To the Editor, SARS-CoV infection requires virus binding to the membrane-bound form of angiotensin-converting enzyme 2 (ACE2). Hydroxychloroquine (HCQ) inhibits terminal glycosylation of ACE2 receptor, which may reduce the efficiency of its interaction with SARS-CoV spike protein. 1 Initial experiences during the COVID-19 pandemic supported the offlabel use of HCQ. However, its potential cardiotoxicity and still unclear benefit have eventually urged caution. 2 High fatality rates have been reported in elderly individuals with COVID-19 and multiple cardiovascular comorbidities. 3 Concerns have arisen that angiotensin-converting enzyme inhibitors (ACEIs) and angiotensin receptor blockers (ARBs) might increase ACE2 receptor expression and patient susceptibility to viral entry into host cells, facilitating SARS-CoV-2 propagation. 4 Recent studies with different designs found no adverse effects associated with ACEIs/ARBs in various large populations with COVID-19 but did not report on HCQ coadministration. 5 We analyzed 1031 patients admitted to the Hospital of Cremona, the epicenter of the COVID-19 outbreak in Italy, between February 22 and April 7, 2020, and followed up until May 3, 2020.

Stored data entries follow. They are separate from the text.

impl<'a> Matches<'a> {
    // The key of group g, with the members of later groups replaced.
    fn take_key(&self, g: usize, tree: &mut [u64]) -> usize
        requires grouped { IsGrouped self.now }
        requires g_in_bounds { (g < length self.now.ends.now) × Roomy self.now.held.now (length tree.old) }
        ensures { Stands (key_of self.now g) tree.new result }
    {
        let begin = group_begin(self.ends, g);
        let end = self.ends[g] as usize;
        let key = self.members[begin] as usize + 1;
        let stop = end_of(self.held, key).unwrap();
        put(&self.held[key..stop], 0, tree);
        fuse_words(
            self.held,
            &self.members[end..],
            &self.numbers[end..],
            tree,
            stop - key,
        )
    }

    // What the match of group g reads, in the row of a statement.
    fn mark_match(
        &self,
        first: u64,
        lets: usize,
        g: usize,
        row: usize,
        tree: &mut [u64],
        bits: &mut [u64],
    )
        requires grouped { IsGrouped self.now }
        requires g_in_bounds { (g < length self.now.ends.now) × Roomy self.now.held.now (length tree.old) }
        ensures { bits.new ≡ with_reads first lets self.now.numbers.now self.now.ends.now
            (match_reads self.now.held.now (place_groups self.now.held.now) self.now.numbers.now g) row bits.old }
    {
        let names = Names {
            first,
            lets,
            numbers: self.numbers,
            ends: self.ends,
        };
        let n = self.take_key(g, tree);
        names.mark_reads(&tree[..n], row, bits);
        let begin = group_begin(self.ends, g);
        let end = self.ends[g] as usize;
        names.mark_arms(self.held, &self.members[begin..end], row, bits);
    }

    // The row of the match of group g: below it stand its key, its names and its arms.
    fn head_row(&self, g: usize) -> u64
        requires grouped { IsGrouped self.now }
        requires g_in_bounds { g < length self.now.ends.now }
        ensures { result ≡ match_head self.now.held.now (place_groups self.now.held.now) self.now.numbers.now g }
    {
        let begin = group_begin(self.ends, g);
        let end = self.ends[g] as usize;
        let w = self.held[self.members[begin] as usize];
        w % KINDS + MATCH + KINDS * (w / KINDS + (end - begin) as u64)
    }

    // Writes the rows of the match of group g before its arms, from a place on: its own, its key's and its names';
    // the place after them.
    fn head_with(&self, g: usize, tree: &mut [u64], at: usize, table: &mut [u64]) -> usize
        requires grouped { IsGrouped self.now }
        requires g_in_bounds { (g < length self.now.ends.now) × Roomy self.now.held.now (length tree.old) }
        requires g_bound { at + length (head_of self.now g) ≤ 9223372036854775808 }
        ensures { (result ≡ at + length (head_of self.now g)) × (table.new ≡ overlay at (head_of self.now g) table.old) }
    {
        let n = self.take_key(g, tree);
        let begin = group_begin(self.ends, g);
        let end = self.ends[g] as usize;
        put_word(self.head_row(g), at, table);
        put(&tree[..n], at + 1, table);
        put_names(&self.numbers[begin..end], at + 1 + n, table);
        at + 1 + n + (end - begin)
    }

    // The same with an array of N words for the key.
    fn head_within<const N: usize>(&self, g: usize, at: usize, table: &mut [u64]) -> usize
        requires grouped { IsGrouped self.now }
        requires g_in_bounds { (g < length self.now.ends.now) × Roomy self.now.held.now N }
        requires array_bound { N ≤ 1929 }
        requires g_bound { at + length (head_of self.now g) ≤ 9223372036854775808 }
        ensures { (result ≡ at + length (head_of self.now g)) × (table.new ≡ overlay at (head_of self.now g) table.old) }
    {
        let mut tree = [0u64; N];
        self.head_with(g, &mut tree, at, table)
    }
}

COVID-19 pneumonia was confirmed by chest computed tomography and a SARS-CoV-2-positive realtime reverse transcriptase-polymerase chain reaction assay from nasopharyngeal swabs. Treatment protocols were based on offlabel use of HCQ (400 mg twice a day on the first day and 200 mg twice a day thereafter for 10 days), as well as lopinavir/ritonavir or darunavir/ritonavir, intravenous methylprednisolone, empirical antimicrobial therapy, low-molecular-weight heparin, and supplemental oxygen.

From the hospital data warehouse, we extracted data on the admitting ward, cardiovascular risk factors and disease, drug therapies, and in-hospital outcomes. Demographic covariates (age, sex), cardiovascular covariates (smoking, hypertension, obesity, diabetes, atrial fibrillation, coronary heart disease, cerebrovascular disease, systolic dysfunction), and treatment covariates (antidiabetic agents, beta-blockers, calcium channel blockers, loop diuretics, antivirals, steroids) were tested by univariable Cox regression and those significantly associated (P < .10) with death or intensive care unit admission (combined end point) were entered in a multivariable model. Additionally, we performed weighted Cox regression using inverse probability of treatment weighted estimation with robust standard errors.

A multivariable logistic regression model that included the same covariates as Cox regression was used to estimate the inverse probability of treatment weights for the individual propensities for ACEI/ARB receipt.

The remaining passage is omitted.